Another example brother would be Judas betraying Christ.Though men sought evil in the crucifixion,God used their evil intentions to procure the salvation of His people.


----------



## kvanlaan (Jul 30, 2012)

I like the explanation of the concept in general, but would we all agree on what Jacob said about it being of a sinful motivation from other believers, or is there room to believe that the preaching of the gospel by those who would desecrate the name of Christ is still of value?


----------



## Jackie Kaulitz (Jul 30, 2012)

kvanlaan said:


> > 12 But I want you to know, brethren, that the things which happened to me have actually turned out for the furtherance of the gospel, 13 so that it has become evident to the whole palace guard, and to all the rest, that my chains are in Christ; 14 and most of the brethren in the Lord, having become confident by my chains, are much more bold to speak the word without fear. 15 Some indeed preach Christ even from envy and strife, and some also from goodwill: 16 The former* preach Christ from selfish ambition, not sincerely, supposing to add affliction to my chains; 17 but the latter out of love, knowing that I am appointed for the defense of the gospel. 18 What then? Only that in every way, whether in pretense or in truth, Christ is preached; and in this I rejoice, yes, and will rejoice. *
> 
> 
> *
> ...


*

I think that it is always pleasing to the Lord when "the TRUE gospel" is preached, even when spoken by those that have poor theology (as we all have poor and inaccurate theology to a degree) or are even unbelievers. I believe at times that God uses both unbelievers and believers with poor theology to bring his sheep to Christ. How many have come to Christ through pastor who later fell away from the faith never to return? Or how many have come to Christ through a John Welsey, an Arminian preacher with poor theology, a pentecostal? I would assume many on PB might have started from these means and now through the Holy Spirit, they were lead to Reformed Theology. Yay!  So it is good that the true gospel is preached. However, for the preacher of the true gospel, if they fall away from the faith and prove to be an unbeliever, how much worse for them is this later state when they had the true gospel and spoke it from their very lips and still rejected it. Their condemnation would be worse now than if they had never known the true gospel.

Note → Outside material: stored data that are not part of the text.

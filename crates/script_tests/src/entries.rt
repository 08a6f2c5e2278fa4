//! The room that entries take in memory.

use calls::{Call, Entry};
use std::mem::size_of;

#[test]
fn an_entry_takes_at_most_96_bytes(rt: HostRuntime) {
    assert!(rt; size_of::<Entry>() <= 96);
    assert!(rt; size_of::<Call>() <= 96);
}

Might this verse have some relevance by the spirit of the example? Mark 9:38 “Teacher,” said John, “we saw someone driving out demons in your name and we told him to stop, because he was not one of us.” 39 “Do not stop him,” Jesus said. “For no one who does a miracle in my name can in the next moment say anything bad about me, 40 for whoever is not against us is for us. 41 Truly I tell you, anyone who gives you a cup of water in my name because you belong to the Messiah will certainly not lose their reward.

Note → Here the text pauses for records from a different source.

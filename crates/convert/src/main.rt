// The program `convert`: compiles the table `rules.tab` of the current folder, feeds standard input to the machine, one character a byte,
// and prints each output character as four hexadecimal digits on a line, then how the conversion ended.
#![tactic(auto)]

use program::run::run;
use program::table::read_table;

fn main(rt: HostRuntime) {
    let mut table = [0u8; 32768];
    let Some(size) = read_table(&rt, &mut table) else {
        return;
    };
    run(&rt, &table[..size]);
}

However, if some are preaching a false or incomplete gospel, I believe God will even sometimes use this to draw His sheep but at the same time, He will also receive glory by their condemnation. So if you have some Word Faith scammer like Creflo Dollar selling an incomplete false gospel to make money off Christianity, I believe Dollar is piling up condemnation upon himself but God can even use this to bring a very few to Christ. But then again, Dollar is so far off and the people following him are motivated by such greed, so maybe they are all just condemned and God would chose not to use Dollar to bring even one single person to Christ. Maybe God won't use Dollar but I can see him using Osteen or Joyce Meyer. As much as I personally cannot stand their teachings, I would be surprised if no one has ever come to Christ through Osteen and Meyer, just like I am sure many have come to Christ through the Catholic Church, despite its false teachings.*


----------



## Scott1 (Jul 30, 2012)

kvanlaan said:


> I like the explanation of the concept in general, but would we all agree on what Jacob said about it being of a sinful motivation from other believers, or is there room to believe that the preaching of the gospel by those who would desecrate the name of Christ is still of value?



Can you clarify what you mean here, are you saying Joseph's brothers were believers?


----------



## kvanlaan (Jul 30, 2012)

Point taken, Scott. I guess I just find it hard to believe that someone like Hinn would at some point form a true gospel message in one of his 'sermons'.


----------



## Scott1 (Jul 30, 2012)

If I'm following your thinking on this,

It would seem that as a "secondary cause" (e.g. a person preaching the gospel with their intention to cause trouble for others, to make money on it, etc.) it is not pleasing because no sin is pleasing to God.

The good thing is, the Word has a power all its own. It's not dependent on the purity (or lack thereof) of the person quoting it. On top of that, God is never limited by man's intentions or by his means from accomplishing something good from it.



> Isaiah 55:11
> 
> So shall my word be that goeth forth out of my mouth: it shall not return unto me void, but it shall accomplish that which I please, and it shall prosper in the thing whereto I sent it.



Now, one who would presume to teach God's people (including an evangelist) will be judged by a higher standard, so for them, their unbelief, their misrepresentation, their wrong motive, etc.- it's not a good thing.

And it doesn't change a believer's duty to oppose sin, e.g. oppose bad doctrine and morals, etc. but I don't think that is what you are questioning.


----------



## FenderPriest (Jul 30, 2012)

I think you'll also find that the church's decision on the heresy of Donatism has relevance to this issue.


----------



## toddpedlar (Jul 30, 2012)

kvanlaan said:


> Point taken, Scott. I guess I just find it hard to believe that someone like Hinn would at some point form a true gospel message in one of his 'sermons'.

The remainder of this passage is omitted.